═══ INPUT MATERIAL

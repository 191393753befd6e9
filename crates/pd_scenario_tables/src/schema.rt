//! The format of a scenario file: which keys each kind of table has, what their values are, and what stands for a key
//! that is absent.

ghost use Rattle.std.specs.Prelude.{◌≡◌};
ghost use Rattle.pd_scenario_tables.specs.Schema.{text_of, kind_rules, event_rules, sink_rules, rules_of};

use pd_scenario::Quantity;
use pd_setup::{EventKind, KindWord, SinkMode};

/// The version of a file: events that change the budget, and sinks of Revision 2.0, are known to the second alone.
#[derive(Clone, Copy, Debug, PartialEq, Eq)]
pub enum Version {
    One,
    Two,
}

/// What the word at the key `kind` of an event says; `Unknown` where it is none of a file's version.
#[derive(Clone, Copy, Debug, PartialEq, Eq)]
pub enum EventName {
    /// Something that happens on a port.
    OnPort(KindWord),
    /// A change of the budget.
    Budget,
    Unknown,
}

/// What a table of a file stands for.
#[derive(Clone, Copy, Debug, PartialEq, Eq)]
pub enum TableKind {
    Top,
    Port,
    Cable,
    Sink,
    Event(EventName),
}

/// The keys of all tables.
#[derive(Clone, Copy, Debug, PartialEq, Eq)]
pub enum Key {
    Version,
    End,
    Budget,
    Port,
    Cable,
    Sink,
    Event,
    Floor,
    Supplies,
    IdentityTries,
    Unconstrained,
    Name,
    Plug,
    Rating,
    Max,
    Demand,
    Mode,
    Revision,
    Id,
    At,
    Kind,
    Mw,
    Place,
    Mask,
}

impl Key {
    /// The key as it is written.
    pub fn text(self) -> &'static str
        ensures { result.now ≡ text_of self }
    {
        match self {
            Key::Version => "version",
            Key::End => "end",
            Key::Budget => "budget",
            Key::Port => "port",
            Key::Cable => "cable",
            Key::Sink => "sink",
            Key::Event => "event",
            Key::Floor => "floor",
            Key::Supplies => "supplies",
            Key::IdentityTries => "identity_tries",
            Key::Unconstrained => "unconstrained",
            Key::Name => "name",
            Key::Plug => "plug",
            Key::Rating => "rating",
            Key::Max => "max",
            Key::Demand => "demand",
            Key::Mode => "mode",
            Key::Revision => "revision",
            Key::Id => "id",
            Key::At => "at",
            Key::Kind => "kind",
            Key::Mw => "mw",
            Key::Place => "place",
            Key::Mask => "mask",
        }
    }
}

/// How often a cable is asked who it is, where no key says so.
pub const DEFAULT_TRIES: i64 = 3;

/// Whether a port's power is unconstrained, where no key says so.
pub const DEFAULT_UNCONSTRAINED: bool = false;

/// How a sink behaves, where no key says so.
pub const DEFAULT_MODE: SinkMode = SinkMode::PowerDelivery;

/// The revision that a sink speaks, where no key says so: 3.0.
pub const DEFAULT_REVISION: i64 = 3;

/// What stands where a key is absent.
#[derive(Clone, Copy)]
pub enum Need {
    /// Nothing may: the key is needed.
    Required,
    /// No tables, or nothing.
    Nothing,
    Number(i64),
    Truth(bool),
    Mode(SinkMode),
}

/// What a value has to be.
#[derive(Clone, Copy)]
pub enum Form {
    /// A whole number within the limits of a quantity.
    Number(Quantity),
    /// 1 or 2.
    VersionNumber,
    /// One of the ports.
    PortNumber,
    /// 3000 or 5000.
    RatingNumber,
    /// 2 or 3.
    RevisionNumber,
    /// A text that is a name.
    Name,
    /// The word of a plug, of a mode, or of a kind of event.
    PlugWord,
    ModeWord,
    EventWord,
    Truth,
    /// A list of pairs of whole numbers: 1 to 7 supplies with rising voltages.
    Supplies,
    /// A list of tables.
    Tables,
}

/// A key of a table, what stands where it is absent, and what its value has to be.
#[derive(Clone, Copy)]
pub struct Rule {
    pub key: Key,
    pub need: Need,
    pub form: Form,
}

macro_rules! rules {
    ($($key:ident, $need:expr, $form:expr;)*) => {
        &[$(Rule { key: Key::$key, need: $need, form: $form }),*]
    };
}

/// The keys of each event, after those of its kind.
macro_rules! any_event {
    ($($rules:tt)*) => {
        rules! {
            $($rules)*
            Id, Need::Required, Form::Number(Quantity::EventId);
            At, Need::Required, Form::Number(Quantity::Time);
            Kind, Need::Required, Form::EventWord;
        }
    };
}

/// The keys of each event of a port, after those of its kind.
macro_rules! on_port {
    ($($rules:tt)*) => {
        any_event! {
            $($rules)*
            Port, Need::Required, Form::PortNumber;
        }
    };
}

/// The keys of an event of a port, by its kind.
fn kind_rules(kind: KindWord) -> &'static [Rule]
    ensures { result.now ≡ kind_rules kind }
{
    match kind {
        EventKind::Attach { .. } => on_port! {
            Cable, Need::Required, Form::Name;
            Sink, Need::Required, Form::Name;
        },
        EventKind::Demand(()) => on_port! {
            Mw, Need::Required, Form::Number(Quantity::Demand);
        },
        EventKind::Damage(()) => on_port! {
            Place, Need::Required, Form::Number(Quantity::DamagePlace);
            Mask, Need::Required, Form::Number(Quantity::DamageMask);
        },
        _ => on_port! {},
    }
}

/// The keys of an event.
pub fn event_rules(name: EventName) -> &'static [Rule]
    ensures { result.now ≡ event_rules name }
{
    match name {
        EventName::OnPort(kind) => kind_rules(kind),
        EventName::Budget => any_event! {
            Mw, Need::Required, Form::Number(Quantity::Budget);
        },
        EventName::Unknown => on_port! {
            Cable, Need::Nothing, Form::Name;
            Sink, Need::Nothing, Form::Name;
            Mw, Need::Nothing, Form::Number(Quantity::Demand);
            Place, Need::Nothing, Form::Number(Quantity::DamagePlace);
            Mask, Need::Nothing, Form::Number(Quantity::DamageMask);
        },
    }
}

fn sink_rules(version: Version) -> &'static [Rule]
    ensures { result.now ≡ sink_rules version }
{
    match version {
        Version::One => rules! {
            Name, Need::Required, Form::Name;
            Max, Need::Required, Form::Number(Quantity::Voltage);
            Demand, Need::Required, Form::Number(Quantity::Demand);
            Mode, Need::Mode(DEFAULT_MODE), Form::ModeWord;
        },
        Version::Two => rules! {
            Name, Need::Required, Form::Name;
            Max, Need::Required, Form::Number(Quantity::Voltage);
            Demand, Need::Required, Form::Number(Quantity::Demand);
            Mode, Need::Mode(DEFAULT_MODE), Form::ModeWord;
            Revision, Need::Number(DEFAULT_REVISION), Form::RevisionNumber;
        },
    }
}

/// The keys of a table.
pub fn rules_of(version: Version, kind: TableKind) -> &'static [Rule]
    ensures { result.now ≡ rules_of version kind }
{
    match kind {
        TableKind::Top => rules! {
            Version, Need::Required, Form::VersionNumber;
            End, Need::Required, Form::Number(Quantity::Time);
            Budget, Need::Required, Form::Number(Quantity::Budget);
            Port, Need::Required, Form::Tables;
            Cable, Need::Nothing, Form::Tables;
            Sink, Need::Nothing, Form::Tables;
            Event, Need::Nothing, Form::Tables;
        },
        TableKind::Port => rules! {
            Floor, Need::Required, Form::Number(Quantity::Floor);
            Supplies, Need::Required, Form::Supplies;
            IdentityTries, Need::Number(DEFAULT_TRIES), Form::Number(Quantity::IdentityTries);
            Unconstrained, Need::Truth(DEFAULT_UNCONSTRAINED), Form::Truth;
        },
        TableKind::Cable => rules! {
            Name, Need::Required, Form::Name;
            Plug, Need::Required, Form::PlugWord;
            Rating, Need::Required, Form::RatingNumber;
        },
        TableKind::Sink => sink_rules(version),
        TableKind::Event(name) => event_rules(name),
    }
}
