ghost use Rattle.std.specs.Prelude.{◌≡◌, ◌≤◌, ◌<◌, ◌+◌};
ghost use Rattle.request_workers.specs.Counting as spec;
ghost use Rattle.request_workers.specs.Tallies.{count_of, served_count, IsBelow};

use crate::link::{LinkEnd, Links};

// More than all links of a porch can come to.
const COUNT_LIMIT: u64 = 1 << 62;

/// Why a worker ended.
#[derive(Clone, Copy, Debug, PartialEq, Eq)]
pub enum WorkEnd {
    /// No more links come.
    Done,
    /// The porch failed.
    Failed,
}

/// What a worker counted.
#[derive(Clone, Copy, Debug, PartialEq, Eq)]
pub struct Tally {
    /// Visits that were answered with a page.
    pub pages: u64,
    /// All other visits.
    pub refused: u64,
    /// Links on which reading or writing failed.
    pub failed: u64,
    /// Links that were dropped for want of memory.
    pub dropped: u64,
    /// Why the worker ended.
    pub end: WorkEnd,
}

impl Tally {
    /// The tally of a worker that has counted nothing yet.
    pub fn nothing() -> Tally
        ensures count { count_of result ≡ spec.nothing }
        ensures end { result.end ≡ WorkEnd.Done }
    {
        Tally {
            pages: 0,
            refused: 0,
            failed: 0,
            dropped: 0,
            end: WorkEnd::Done,
        }
    }

    // One link more, which was served so.
    pub(crate) fn count(&mut self, links: &Links)
        requires below { IsBelow (count_of self.old) COUNT_LIMIT }
        requires few { links.now.pages + links.now.refused ≤ 1000 }
        ensures count { count_of self.new ≡ spec.both (count_of self.old) (served_count links.now) }
        ensures end { self.new.end ≡ self.old.end }
    {
        self.pages += links.pages;
        self.refused += links.refused;
        match links.end {
            LinkEnd::Closed | LinkEnd::Refused(_) | LinkEnd::Idle => {}
            LinkEnd::ReadFault | LinkEnd::WriteFault => self.failed += 1,
            LinkEnd::Memory => self.dropped += 1,
        }
    }

    // This tally with another end.
    pub(crate) fn ended(self, end: WorkEnd) -> Tally
        ensures count { count_of result ≡ count_of self }
        ensures end { result.end ≡ end }
    {
        Tally { end, ..self }
    }
}
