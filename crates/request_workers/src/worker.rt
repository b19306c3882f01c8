ghost use Rattle.std.specs.Prelude.{◌≡◌, ◌≤◌, ◌<◌, ◌+◌, ◌-◌, ◌^◌};
ghost use Rattle.request_workers.specs.Tallies.{count_of, served_count, IsBelow};
ghost use Rattle.request_workers.specs.Working.{Turns, Takes, EndsTurn, given_by, Worked, EndsBy};

use crate::link::{Links, serve_link};
use crate::tally::{Tally, WorkEnd};
use http_forms::Answering;
use std::alloc::Global;
use web_outside::{CONNECTION_LIMIT, Clock, Failed, Gate, Link, Porch};

// What one turn of a worker came to.
enum Turn {
    Served,
    Done,
    Failed,
}

// Serves the link.
fn serve_next<A: Answering, L: Link, C: Clock, G: Gate>(
    alloc: Global,
    answering: &A,
    pass: &mut A::Pass,
    link: &mut L,
    clock: &C,
    gate: &G,
    requests: u32,
) -> Links
    requires own { (A.rules answering.now).IsOwn pass.old }
    requires some { 0 < requests }
    requires few { requests ≤ 1000 }
    ensures own { (A.rules answering.now).IsOwn pass.new }
    ensures turn { Turns (A.rules answering.now) L.view (C.shows clock.now) requests pass.old pass.new
        link.old link.new (served_count result) }
    ensures few { result.pages + result.refused ≤ 1000 }
{
    serve_link(alloc, answering, pass, link, clock, gate, requests)
}

// Takes the next link of the porch, serves it, counts it and hands it back.
fn take_turn<A: Answering, P: Porch, C: Clock, G: Gate>(
    alloc: Global,
    answering: &A,
    pass: &mut A::Pass,
    porch: &mut P,
    clock: &C,
    gate: &G,
    requests: u32,
    tally: &mut Tally,
) -> Turn
    requires own { (A.rules answering.now).IsOwn pass.old }
    requires counts { IsBelow (count_of tally.old) (2 ^ 62) }
    requires some { 0 < requests }
    requires few { requests ≤ 1000 }
    ensures own { (A.rules answering.now).IsOwn pass.new }
    ensures turn { Takes (A.rules answering.now) P.Link.view
        (C.shows clock.now) requests result pass.old pass.new
        (P.view porch.old) (P.view porch.new) (count_of tally.old) (count_of tally.new) }
    ensures end { EndsTurn result (P.view porch.old) (P.view porch.new) }
    ensures given { (P.view porch.new).given ≡ given_by result (P.view porch.old).given }
    ensures bound { result ≡ Turn.Served → (P.view porch.new).given ≤ (P.view porch.new).most }
    ensures most { (P.view porch.new).most ≡ (P.view porch.old).most }
    ensures limit { (P.view porch.new).most ≤ CONNECTION_LIMIT }
    ensures later { (P.view porch.old).faults ≤ (P.view porch.new).faults }
{
    match porch.next() {
        Ok(Some(link)) => {
            let mut link = link;
            let links = serve_next(alloc, answering, pass, &mut link, clock, gate, requests);
            tally.count(&links);
            porch.back(link);
            Turn::Served
        }
        Ok(None) => Turn::Done,
        Err(Failed) => Turn::Failed,
    }
}

/// Serves the links of a porch, each with so many requests at most, until no more come or the porch fails. Before each request
/// the shelves are swept at the clock's tick, and after its last the link is handed back.
pub fn work<A: Answering, P: Porch, C: Clock, G: Gate>(
    alloc: Global,
    answering: &A,
    pass: &mut A::Pass,
    porch: &mut P,
    clock: &C,
    gate: &G,
    requests: u32,
) -> Tally
    requires own { (A.rules answering.now).IsOwn pass.old }
    requires some { 0 < requests }
    requires few { requests ≤ 1000 }
    ensures own { (A.rules answering.now).IsOwn pass.new }
    ensures worked { Worked (A.rules answering.now) P.Link.view
        (C.shows clock.now) requests pass.old pass.new
        (P.view porch.old) (P.view porch.new) (count_of result) }
    ensures end { EndsBy result.end (P.view porch.old) (P.view porch.new) }
    // Each link has 1,000 visits at most, so the counts of many workers have a sum.
    ensures small { IsBelow (count_of result) 1000000001 }
    ensures most { (P.view porch.new).most ≡ (P.view porch.old).most }
    ensures later { (P.view porch.old).faults ≤ (P.view porch.new).faults }
{
    let mut tally = Tally::nothing();
    loop {
        match take_turn(
            alloc, answering, pass, porch, clock, gate, requests, &mut tally,
        ) {
            Turn::Served => {}
            Turn::Done => return tally.ended(WorkEnd::Done),
            Turn::Failed => return tally.ended(WorkEnd::Failed),
        }
    }
}
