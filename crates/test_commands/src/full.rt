//! A run whose journal comes to its greatest length.
ghost use Rattle.std.specs.Prelude.{◌≡◌, IfOk, false};
ghost use Rattle.web_disk.specs.Repeated.{repeat_view};

use crate::outside::{FAIR, Machine, NARROW, PLAY, sink_of, source_of};
use crate::texts::{input_of, repeated};
use server_command::{NoPast, command};
use std::alloc::{AllocError, Global};
use std::test::Fail;
use web_disk::{Asked, Disk, Failures, Rack, RackFault, RepeatDisk};
use web_outside::{ListDoor, ListSeeds, OpenGate, SetClock, TextSink, TextSource};

const PAGES: &str = "(begin (send/suspend (lambda (u) \"a\")) (send/suspend (lambda (u) \"b\")))";

// How the journal of a shelf of this script begins: the header, and the record of the shelf's number and its scripts up to the
// length of the text, which stands after it.
const FIRST: &[u8] = &[
    75, 83, 87, 69, 66, 0, 0, 6, 1, 89, 0, 0, 0, 1, 0, 0, 0, 0, 1, 0, 0, 0, 1, 0, 0, 0, b's', 71,
    0, 0, 0,
];

// How a record of 1,048,576 bytes begins, its gate and length among them: segment 0 answered a page that is not there with a
// text of 1,048,533 characters of code 0, and ended with a last page, without effects.
const LONG: &[u8] = &[
    1, 251, 255, 15, 0, 3, 0, 0, 0, 0, 0, 0, 0, 0, 0, 0, 0, 0, 0, 0, 0, 0, 0, 0, 0, 0, 0, 0, 0, 0,
    3, 213, 255, 15, 0,
];

fn first_part(alloc: Global) -> Result<Vec<u8>, AllocError> {
    let mut first = FIRST.to_vec(alloc)?;
    first.extend_from_slice(PAGES.as_bytes())?;
    Ok(first)
}

fn long_record(alloc: Global) -> Result<Vec<u8>, AllocError> {
    let mut record = LONG.to_vec(alloc)?;
    record.resize(1_048_576, 0)?;
    Ok(record)
}

// A disk with nothing on it.
fn empty_disk(alloc: Global) -> RepeatDisk
    ensures { (repeat_view result).faults ≡ 0 }
{
    RepeatDisk::new(Vec::new(alloc), Vec::new(alloc), 0, Vec::new(alloc))
}

// A disk of the shelf, with 1,023 such records: it lacks 1,048,473 bytes of 2^30.
fn long_disk(alloc: Global) -> Result<RepeatDisk, AllocError>
    ensures { IfOk result (λ disk. (repeat_view disk).faults ≡ 0) }
{
    let first = first_part(alloc)?;
    let record = long_record(alloc)?;
    if first.len() != 102 || record.len() != 1_048_576 {
        return Err(AllocError);
    }
    let gate = vec![in alloc; 0; 1]?;
    Ok(RepeatDisk::new(first, record, 1_023, gate))
}

// The file of the shelf: nearly full where it was taken before, and else empty.
fn file_of(alloc: Global, taken: bool) -> Result<RepeatDisk, AllocError>
    ensures { IfOk result (λ disk. (repeat_view disk).faults ≡ 0) }
{
    if taken {
        long_disk(alloc)
    } else {
        Ok(empty_disk(alloc))
    }
}

// A rack of the three disks of shelf 0: the one of number 0 is empty when it is taken first, and nearly full when it is taken again; the
// other file and the root are always empty.
#[derive(Drop)]
struct FillingRack {
    taken: bool,
    file_is_lent: bool,
    other_is_lent: bool,
    root_is_lent: bool,
    faults: u64,
    failed: Failures,
    asked: Asked,
}

impl FillingRack {
    fn new() -> FillingRack
        ensures file { result.file_is_lent ≡ false }
        ensures other { result.other_is_lent ≡ false }
        ensures root { result.root_is_lent ≡ false }
    {
        FillingRack {
            taken: false,
            file_is_lent: false,
            other_is_lent: false,
            root_is_lent: false,
            faults: 0,
            failed: Failures::new(),
            asked: Asked::new(),
        }
    }
}

impl Rack<RepeatDisk> for FillingRack {
    ghost use Rattle.std.specs.Prelude.{false, ◌==◌, ◌&&◌, ◌||◌};
    ghost use Rattle.web_disk.specs.Asked.{asked_in};
    ghost use Rattle.web_disk.specs.Failures.{failed_in};

    ghost tells = { false };

    // Nothing is told of what a disk may hold.
    ghost view = { λ rack. record {
      holds = λ n image. ⊥;
      out = λ n. (rack.file_is_lent && (n == 0))
          || ((rack.other_is_lent && (n == 16)) || (rack.root_is_lent && (n == 32)));
      faults = rack.faults;
      failed = λ n. failed_in rack.failed n;
      asked = asked_in rack.asked;
    } };

    fn faults(&self) -> u64 {
        self.faults
    }

    fn take(
        &mut self,
        alloc: Global,
        _directory: &str,
        number: u32,
    ) -> Result<RepeatDisk, RackFault> {
        self.asked.note(number);
        if number == 0 && !self.file_is_lent {
            let Ok(disk) = file_of(alloc, self.taken) else {
                return Err(RackFault::Memory);
            };
            self.taken = true;
            self.file_is_lent = true;
            return Ok(disk);
        }
        if number == 16 && !self.other_is_lent {
            self.other_is_lent = true;
            return Ok(empty_disk(alloc));
        }
        if number == 32 && !self.root_is_lent {
            self.root_is_lent = true;
            return Ok(empty_disk(alloc));
        }
        Err(RackFault::Memory)
    }

    fn give(&mut self, number: u32, disk: RepeatDisk) {
        let faults = disk.faults();
        self.faults = self.faults.saturating_add(faults);
        self.failed.count(number, faults);
        if number == 0 {
            self.file_is_lent = false;
        } else if number == 16 {
            self.other_is_lent = false;
        } else if number == 32 {
            self.root_is_lent = false;
        }
    }
}

// The status that a run over such a rack ends with.
fn status_of<R: Machine>(rt: &R, source: &mut TextSource, sink: &mut TextSink) -> u8 {
    let alloc = rt.alloc();
    let mut rack = FillingRack::new();
    let mut door = ListDoor::new(alloc, 0, Vec::new(alloc), Vec::new(alloc));
    let mut seeds = ListSeeds::new(Vec::new(alloc));
    command(
        rt,
        alloc,
        PLAY,
        source,
        sink,
        &mut rack,
        &mut door,
        &SetClock::new(0),
        &mut seeds,
        &OpenGate,
        &mut NoPast,
    )
}

// Whether such a run of this input ends well and writes this.
fn prints<R: Machine>(rt: &R, input: &str, text: &str) -> Result<bool, Fail> {
    let alloc = rt.alloc();
    let mut source = source_of(alloc, input.as_bytes(), &FAIR)?;
    let mut sink = sink_of(alloc, &NARROW)?;
    let status = status_of(rt, &mut source, &mut sink);
    Ok(status == 0 && sink.bytes() == text.as_bytes())
}

// A visit whose record has a text of so many zeros, and then one with a shorter text.
fn full_steps(alloc: Global) -> Result<String, Fail> {
    let steps = repeated(
        alloc,
        "crash 0\nget 0 /servlets/s\nget 0 /servlets/s;0*1*1*0000000000000000?n=",
        "0",
        1_048_400,
        "\nget 0 /servlets/s;0*1*1*0000000000000000?n=1\n",
    )?;
    input_of(alloc, ("s", PAGES), steps.as_str())
}

// What these visits print.
const PRINTED: &str = "shelf 0 live 0\n0 200 1\na\n0 503 journal-full\n0 200 1\nb\n";

// Whether they do.
fn takes_what_fits<R: Machine>(rt: &R) -> Result<bool, Fail> {
    let input = full_steps(rt.alloc())?;
    prints(rt, input.as_str(), PRINTED)
}

// After the start the journal lacks 1,048,397 bytes of its greatest length: the first answer has a record of more.
#[test]
fn a_full_journal_takes_what_still_fits(rt: HostRuntime) -> Result<(), Fail> {
    assert!(rt; takes_what_fits(&rt)?);
    Ok(())
}
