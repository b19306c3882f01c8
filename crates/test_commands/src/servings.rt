//! Setups that are served over links in memory, and what that comes to.

use crate::outside::{Machine, NARROW, sink_of};
use crate::streets::{Street, door_of};
use crate::texts::{setup_of, text_of};
use file_disk::ServedRack;
use server_command::{KeptPast, command};
use std::alloc::Global;
use std::test::Fail;
use web_outside::{Clock, Gate, ListDoor, ListSeeds, OpenGate, SetClock, TextSink, TextSource};

/// Words with one worker.
pub const SERVE: &[&str] = &["hovgyelit", "serve", "--port", "0", "--workers", "1"];

/// A script of one page.
pub const TEN: (&str, &str) = ("ten", "'(p \"12345\")");

/// A script that shows the bindings `n` of its answer.
pub const ALL: (&str, &str) = (
    "all",
    "(let ((b (send/suspend (lambda (u) `(a ((href ,u)) \"1\"))))) (cons 'p (extract-bindings 'n b)))",
);

/// The status, what was told, what stands on the links, the pages that each worker counted, and how long the history of each
/// shelf is.
#[derive(Drop)]
pub struct Ending {
    pub status: u8,
    pub text: String,
    pub links: Vec<String>,
    pub pages: Vec<u64>,
    pub entries: Vec<u64>,
}

/// The input that is the setup of this script.
pub fn source_of_script(alloc: Global, script: (&str, &str)) -> Result<TextSource, Fail> {
    let setup = setup_of(alloc, script)?;
    Ok(TextSource::new(setup.into_bytes(), Vec::new(alloc), 4096))
}

// What a serving runs on.
#[derive(Drop)]
struct Serving {
    source: TextSource,
    sink: TextSink,
    door: ListDoor,
    seeds: ListSeeds,
    past: KeptPast,
}

impl Serving {
    fn new(alloc: Global, script: (&str, &str), street: &Street) -> Result<Serving, Fail> {
        let source = source_of_script(alloc, script)?;
        let sink = sink_of(alloc, &NARROW)?;
        let door = door_of(alloc, street)?;
        Ok(Serving {
            source,
            sink,
            door,
            seeds: ListSeeds::new(Vec::new(alloc)),
            past: KeptPast::new(),
        })
    }

    // The status that serving with these words ends with.
    fn serve<R: Machine, C: Clock + Sync, G: Gate + Sync>(
        &mut self,
        rt: &R,
        words: &[&str],
        clock: &C,
        gate: &G,
    ) -> u8 {
        let alloc = rt.alloc();
        let mut rack = ServedRack::new(rt, alloc);
        command(
            rt,
            alloc,
            words,
            &mut self.source,
            &mut self.sink,
            &mut rack,
            &mut self.door,
            clock,
            &mut self.seeds,
            gate,
            &mut self.past,
        )
    }
}

// What stands on the links that were served.
fn links_of(alloc: Global, door: &ListDoor) -> Result<Vec<String>, Fail> {
    let mut links = Vec::new(alloc);
    for porch in door.closed() {
        for link in porch.served() {
            links.push(text_of(alloc, link.output.bytes())?)?;
        }
    }
    Ok(links)
}

// The pages that each worker counted.
fn pages_of(alloc: Global, past: &KeptPast) -> Result<Vec<u64>, Fail> {
    let mut pages = Vec::new(alloc);
    if let Some(tallies) = past.tallies() {
        for tally in tallies {
            pages.push(tally.pages)?;
        }
    }
    Ok(pages)
}

// How long the history of each shelf is.
fn entries_of(alloc: Global, past: &KeptPast) -> Result<Vec<u64>, Fail> {
    let mut entries = Vec::new(alloc);
    if let Some(histories) = past.histories() {
        for history in histories {
            entries.push(history.len())?;
        }
    }
    Ok(entries)
}

// The pages that each worker counted, and how long the history of each shelf is.
fn counts_of(alloc: Global, past: &KeptPast) -> Result<(Vec<u64>, Vec<u64>), Fail> {
    let pages = pages_of(alloc, past)?;
    let entries = entries_of(alloc, past)?;
    Ok((pages, entries))
}

// What a serving came to that ended with this status.
fn ending_of(alloc: Global, status: u8, serving: &Serving) -> Result<Ending, Fail> {
    let text = text_of(alloc, serving.sink.bytes())?;
    let links = links_of(alloc, &serving.door)?;
    let (pages, entries) = counts_of(alloc, &serving.past)?;
    Ok(Ending {
        status,
        text,
        links,
        pages,
        entries,
    })
}

/// What serving a script comes to, at this clock and through this gate.
pub fn served_at<R: Machine, C: Clock + Sync, G: Gate + Sync>(
    rt: &R,
    words: &[&str],
    script: (&str, &str),
    street: &Street,
    clock: &C,
    gate: &G,
) -> Result<Ending, Fail> {
    let alloc = rt.alloc();
    let mut serving = Serving::new(alloc, script, street)?;
    let status = serving.serve(rt, words, clock, gate);
    ending_of(alloc, status, &serving)
}

/// What serving a script comes to.
pub fn served<R: Machine>(
    rt: &R,
    words: &[&str],
    script: (&str, &str),
    street: &Street,
) -> Result<Ending, Fail> {
    served_at(rt, words, script, street, &SetClock::new(0), &OpenGate)
}

/// What stands on the link of this number, the first being 0.
pub fn told_on(ending: &Ending, number: usize) -> &str {
    match ending.links.get(number) {
        Some(text) => text.as_str(),
        None => "",
    }
}

/// Whether a text begins and ends so.
pub fn has_ends(text: &str, ends: (&str, &str)) -> bool {
    text.starts_with(ends.0) && text.ends_with(ends.1)
}

/// Whether what stands on the links, in their order, begins and ends so.
pub fn are_told(ending: &Ending, links: &[(&str, &str)]) -> bool {
    for (number, ends) in links.iter().enumerate() {
        if !has_ends(told_on(ending, number), *ends) {
            return false;
        }
    }
    true
}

══════

**YOUR GOAL:** Out of the data above, return each line where the word "bindings" can be found.

**FINAL ANSWER:**
/// A script that shows the bindings `n` of its answer.
    "(let ((b (send/suspend (lambda (u) `(a ((href ,u)) \"1\"))))) (cons 'p (extract-bindings 'n b)))",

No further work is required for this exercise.